Even before the pandemic highlighted rising inequality, people around the world were dissatisfied with capitalism, with 78% of respondents to Edelman’s Trust Barometer (released in February 2020) agreeing that elites are getting richer while regular people struggle. Since then, low-income workers have borne the brunt of economic fallout of the pandemic, while the wealth of US billionaires rose by an average of 29%.
The LTSE won’t solve all these issues. Gaining a foothold in the stock market is notoriously difficult: according to the Financial Times, IEX – the last new platform to be approved by the Securities and Exchange Commission 2016 – has since built a market share of about 2%. But Ries’ aim isn’t financial. In an interview with Quartz, he claimed the goal was to get companies and incumbent stock exchanges to adopt the LTSE’s framework and ‘to copy our listing standards and steal all our business’.

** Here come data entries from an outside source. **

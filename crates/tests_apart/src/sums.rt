//! What a client and a library come to together, where that is too much. The images are spelled by hand, by the grammar of images; the sums are those of
//! what they have.
use bl_base::NoMemory;
use std::alloc::Global;
use std::test::Fail;
use tests_calls::{ends, shelf_of};

/// The image of 40,001 functions of one Ret each, up to the functions.
const MANY: [u8; 10] = [0x42, 0x4C, 0x49, 0x4D, 0x01, 0x00, 0x00, 0xC1, 0xB8, 0x02];
/// The image of a function of 600,000 Rets, up to these.
const LONG: [u8; 15] = [
    0x42, 0x4C, 0x49, 0x4D, 0x01, 0x00, 0x00, 0x01, 0x00, 0x00, 0x00, 0xC0, 0xCF, 0x24, 0x00,
];
/// The image of a function whose one site weighs 2^62.
const HEAVY: [u8; 32] = [
    0x42, 0x4C, 0x49, 0x4D, 0x02, 0x00, 0x00, 0x01, 0x00, 0x00, 0x01, 0x02, 0x00, 0x00, 0x01, 0x07,
    0x80, 0x80, 0x80, 0x80, 0x80, 0x80, 0x80, 0x80, 0x40, 0x00, 0x00, 0x00, 0x00, 0x01, 0x00, 0x08,
];

/// The image of many functions.
fn many(alloc: Global) -> Result<Vec<u8>, NoMemory> {
    let mut bytes = Vec::new(alloc);
    bytes.extend_from_slice(&MANY)?;
    for _ in 0..40_001 {
        bytes.extend_from_slice(&[0x00, 0x00, 0x00, 0x01])?;
    }
    bytes.push(0x00)?;
    bytes.resize(200_016, 0x08)?;
    Ok(bytes)
}

/// The image of a long function.
fn long(alloc: Global) -> Result<Vec<u8>, NoMemory> {
    let mut bytes = Vec::new(alloc);
    bytes.extend_from_slice(&LONG)?;
    bytes.resize(600_015, 0x08)?;
    Ok(bytes)
}

/// Whether joining an image to itself, under an interface without functions, is refused so.
fn is_too_much(alloc: Global, image: &[u8], text: &str) -> Result<bool, NoMemory> {
    let mut shelf = shelf_of(alloc, &[("f", b""), ("p", image)])?;
    let ended = ends(alloc, &mut shelf, "blade join i f p p", 8, text)?;
    Ok(ended && shelf.entry("i").is_none())
}

#[test]
fn functions_are_counted_together(rt: HostRuntime) -> Result<(), Fail> {
    let image = many(rt.alloc())?;
    assert!(rt; is_too_much(rt.alloc(), image.as_slice(), "limit: functions 80002\n")?);
    Ok(())
}

#[test]
fn commands_are_counted_together(rt: HostRuntime) -> Result<(), Fail> {
    let image = long(rt.alloc())?;
    assert!(rt; is_too_much(rt.alloc(), image.as_slice(), "limit: commands 1200007\n")?);
    Ok(())
}

#[test]
fn weights_are_counted_together(rt: HostRuntime) -> Result<(), Fail> {
    let told = is_too_much(rt.alloc(), &HEAVY, "limit: weight 9223372036854775808\n")?;
    assert!(rt; told);
    Ok(())
}
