//! Calls on one side of an interface, on a program whose Test reads a parameter directly: no program of modules has such a one. What is expected
//! was worked by hand from the two commands, at 7 and 8, by the transient rules.
ghost use Rattle.bl_iface.specs.InterfaceFunctions.{Matches};

use bl_base::{NoMemory, Pos, Role};
use bl_iface::{
    Iface, IfaceError, UnderError, UnderVerdict, least_under, passes_under, read_iface, unmatched,
};
use bl_image::{ImageError, decode_image};
use bl_program::WellFormed;
use std::alloc::Global;
use std::test::Fail;

/// The image of a function of one parameter, whose Test reads it and goes to the Ret in either case.
const TESTS: [u8; 26] = [
    0x42, 0x4C, 0x49, 0x4D, 0x01, 0x00, 0x00, 0x01, 0x01, 0x7F, 0x00, 0x00, 0x01, 0x02, 0x01, 0x03,
    0x6D, 0x2F, 0x66, 0x00, 0x03, 0x00, 0x00, 0x08, 0x08, 0x08,
];

/// The program.
fn program(alloc: Global) -> Result<Option<WellFormed>, NoMemory> {
    match decode_image(alloc, &TESTS) {
        Ok(program) => Ok(Some(program)),
        Err(ImageError::Memory) => Err(NoMemory),
        Err(_) => Ok(None),
    }
}

/// The interface of a line.
fn interface(alloc: Global, line: &str) -> Result<Option<Iface>, NoMemory> {
    match read_iface(alloc, line.as_bytes()) {
        Ok(iface) => Ok(Some(iface)),
        Err(IfaceError::Memory) => Err(NoMemory),
        Err(IfaceError::Line(_)) => Ok(None),
    }
}

/// What is asked of the program by an interface of one line.
#[derive(Clone, Copy, Debug, PartialEq, Eq)]
enum Found {
    /// Something stands against the images or the line.
    Nothing,
    /// The program doesn't have that function of the interface.
    Unmatched(u64),
    /// That weight suffices, and the verdict on the program's own marks.
    Chosen(u64, UnderVerdict),
    /// That sink reads what is given, and the verdict on the program's own marks.
    Sink(Pos, UnderVerdict),
}

/// What is found of a program that has the functions.
fn found_on(alloc: Global, p: &WellFormed, role: Role, i: &Iface) -> Result<Found, NoMemory>
    requires { Matches p.now i.now }
{
    let verdict = passes_under(alloc, p, role, i)?;
    match least_under(alloc, p, role, i) {
        Ok(choice) => Ok(Found::Chosen(choice.weight, verdict)),
        Err(UnderError::Sink(at)) => Ok(Found::Sink(at, verdict)),
        Err(UnderError::Memory) => Err(NoMemory),
    }
}

/// What is found of the program on one side.
fn find(alloc: Global, role: Role, line: &str) -> Result<Found, NoMemory> {
    let Some(p) = program(alloc)? else {
        return Ok(Found::Nothing);
    };
    let Some(i) = interface(alloc, line)? else {
        return Ok(Found::Nothing);
    };
    match unmatched(&p, &i) {
        Some(index) => Ok(Found::Unmatched(index)),
        None => found_on(alloc, &p, role, &i),
    }
}

#[test]
fn a_sink_that_reads_what_is_given_is_told(rt: HostRuntime) -> Result<(), Fail> {
    let told = find(rt.alloc(), Role::Library, "function t - m/f\n")?;
    assert!(rt; told == Found::Sink(Pos(7), UnderVerdict::No(Pos(7))));
    Ok(())
}

#[test]
fn what_is_stable_may_be_read(rt: HostRuntime) -> Result<(), Fail> {
    let library = find(rt.alloc(), Role::Library, "function s - m/f")?;
    assert!(rt; library == Found::Chosen(0, UnderVerdict::Yes));
    let client = find(rt.alloc(), Role::Client, "function t - m/f")?;
    assert!(rt; client == Found::Chosen(0, UnderVerdict::Yes));
    Ok(())
}

#[test]
fn functions_are_matched_by_their_counts(rt: HostRuntime) -> Result<(), Fail> {
    let wide = find(rt.alloc(), Role::Library, "function tt - m/f")?;
    assert!(rt; wide == Found::Unmatched(0));
    let absent = find(
        rt.alloc(),
        Role::Library,
        "function s - m/f\nfunction - - m/g\n",
    )?;
    assert!(rt; absent == Found::Unmatched(1));
    let bad = find(rt.alloc(), Role::Library, "function s -\n")?;
    assert!(rt; bad == Found::Nothing);
    Ok(())
}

Maybe you’re not looking to overturn the stock exchange. But the idea of building frameworks and processes that create a more sustainable mode of business is more important than ever. Even better if it’s a concept you can give away or rally your entire industry around. Remember when Allbirds calculated the carbon footprint of every sneaker style in the brand’s collection and challenged others to do the same? Or when Netherlands-based Tony’s Chocolonely launched an open-source platform to help stop the use of slave labor in the cocoa industry? How will you build a better future and then invite other brands (including your competitors) to join you in that journey? After all, the future of humanity is something you’ll never solve alone.